The Guardian has been slower to cry mea culpa, preferring just to change its tune a little. And while the Independent doubted the relevance of the Select Committee's recommendation of a Code of Practice, the Guardian failed even to mention it. Perhaps the Guardian has too much to answer for in its role of fuelling the most sensational and irrational aspects of the GM debate to allow it to own up to its sins. Tim Radford, however, the paper's Science Editor, revealed a side of Pusztai not previously shown in the Guardian. He reports him as responding to the report of the Royal Society, referred elsewhere in the paper as "Britain's most distinguished scientific body", by saying: "Obviously I don't agree with them. Why should we trust these six unnamed referees?" "Who the hell are they? As far as I am concerned they could be anything."

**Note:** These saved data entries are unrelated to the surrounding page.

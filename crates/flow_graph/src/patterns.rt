//! The patterns of a location, with the deck's own instruction as one.

ghost use Rattle.std.specs.Prelude.{◌≡◌, ◌≤◌, [], ◌∷◌, flat_map, option_to_list};
ghost use Rattle.std.specs.Iterator.{YieldsFirst, item_count};
ghost use Rattle.base_words.specs.Instruction as digits;
ghost use Rattle.read_decks.specs.InDeck.{loads_in};
ghost use Rattle.base_notes.specs.Allowed as allowed;
ghost use Rattle.base_notes.specs.Allowed.{matching};
ghost use Rattle.flow_graph.specs.Patterns.{patterns_left};

use crate::instructions::{listed, loaded};
use base_notes::{Notes, Pattern};
use base_words::{Instruction, Location};
use read_decks::Deck;

/// The patterns whose instructions are allowed at a location, in order: the deck's instruction, if
/// it loads the location, as a pattern of one data address, and then those of the location's list.
#[derive(Clone, Copy)]
pub struct Patterns<'a> {
    loaded: Option<Pattern>,
    listed: &'a [Pattern],
}

impl<'a> Patterns<'a> {
    /// The patterns whose instructions are allowed at the location.
    pub fn at(deck: &Deck, notes: &'a Notes, location: Location) -> Patterns<'a>
        ensures { flat_map matching (patterns_left result)
            ≡ allowed.allowed (loads_in deck.now) notes.now location.number }
    {
        Patterns {
            loaded: loaded_alone(deck, location),
            listed: listed(notes, location),
        }
    }
}

/// The instruction that the deck loads into the location, as a pattern.
fn loaded_alone(deck: &Deck, location: Location) -> Option<Pattern>
    ensures { flat_map matching (option_to_list result)
        ≡ allowed.loaded (loads_in deck.now location.number) }
{
    match loaded(deck, location) {
        Some(instruction) => Some(alone(instruction)),
        None => None,
    }
}

/// The pattern that the instruction alone matches.
fn alone(instruction: Instruction) -> Pattern
    ensures { matching result ≡ instruction ∷ [] }
{
    Pattern {
        op: instruction.op,
        d_from: instruction.d,
        d_to: instruction.d,
        i: instruction.i,
    }
}

/// The instruction of a pattern that has this data address.
pub fn instruction_of(pattern: Pattern, d: u16) -> Instruction
    requires { d ≤ pattern.d_to }
    ensures { result ≡ digits.instruction pattern.op d pattern.i }
{
    Instruction {
        op: pattern.op,
        d,
        i: pattern.i,
    }
}

impl Iterator for Patterns<'_> {
    type Item = Pattern;

    ghost next_gives = { YieldsFirst patterns_left };

    ghost remaining = { item_count patterns_left };

    fn next(&mut self) -> Option<Pattern> {
        if let Some(pattern) = self.loaded.take() {
            return Some(pattern);
        }
        let [pattern, others @ ..] = self.listed else {
            return None;
        };
        self.listed = others;
        Some(*pattern)
    }
}
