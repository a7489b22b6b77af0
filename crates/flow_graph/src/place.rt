//! Whether a location is loaded or listed, with operations in the profile alone.

ghost use Rattle.std.specs.Prelude.{◌≡◌, MatchBool, IfSome, IfNone, IfErr, OnOk};
ghost use Rattle.read_decks.specs.InDeck.{loads_in};
ghost use Rattle.base_notes.specs.Allowed as listed;
ghost use Rattle.base_notes.specs.Allowed.{allowed};
ghost use Rattle.flow_graph.specs.Accepted.{IsThere, IsInProfile, IsGood, IsFirstIn, IsOutside};
ghost use Rattle.flow_graph.specs.Refused.{IsWrong};

use crate::patterns::{Patterns, instruction_of};
use crate::refusal::Refusal;
use base_notes::Notes;
use base_words::{Instruction, Location, Op};
use read_decks::Deck;

/// Checks that a location is loaded or listed, with operations in the profile alone.
///
/// # Errors
///
/// [`Refusal::NotLoaded`] where it is neither loaded nor listed; [`Refusal::NotInProfile`] with the
/// first operation outside the profile.
pub fn check_place(deck: &Deck, notes: &Notes, location: Location) -> Result<(), Refusal>
    ensures good { OnOk result (IsGood (loads_in deck.now) notes.now location.number) }
    ensures wrong { IfErr result (IsWrong (loads_in deck.now) notes.now location.number) }
{
    if !is_there(deck, notes, location) {
        return Err(Refusal::NotLoaded(location));
    }
    match first_outside(deck, notes, location) {
        Some(instruction) => Err(Refusal::NotInProfile(location, instruction.op)),
        None => Ok(()),
    }
}

/// Whether the location is loaded or listed.
pub fn is_there(deck: &Deck, notes: &Notes, location: Location) -> bool
    ensures { let there = IsThere (loads_in deck.now) notes.now location.number in
        MatchBool result there (¬ there) }
{
    if deck.word(location).is_some() {
        return true;
    }
    is_listed(notes, location)
}

/// Whether the location has a list.
pub fn is_listed(notes: &Notes, location: Location) -> bool
    ensures { result ≡ listed.is_listed notes.now location.number }
{
    notes.patterns(location).is_some()
}

/// The first instruction that is allowed at the location with an operation outside the profile.
fn first_outside(deck: &Deck, notes: &Notes, location: Location) -> Option<Instruction>
    ensures first { IfSome result (IsFirstIn (allowed (loads_in deck.now) notes.now location.number)
        IsOutside) }
    ensures none { IfNone result (IsInProfile (loads_in deck.now) notes.now location.number) }
{
    for pattern in Patterns::at(deck, notes, location) {
        if Op::of(pattern.op).is_none() {
            return Some(instruction_of(pattern, pattern.d_from));
        }
    }
    None
}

A Code of Practice will not put an end to the GM debate, and nor should it. There remain unanswered questions about the environmental and health consequences of the production and consumption of novel foods. That is why there already exist strict regulations to protect the public from potentially dangerous exploitation of this new technology. The Code of Practice would, however, ensure that newspaper editors and TV documentary producers think a little more carefully before they attempt to boost their circulation and ratings by scare-mongering without cause and by misleading us in ways for which they may have ultimately to account.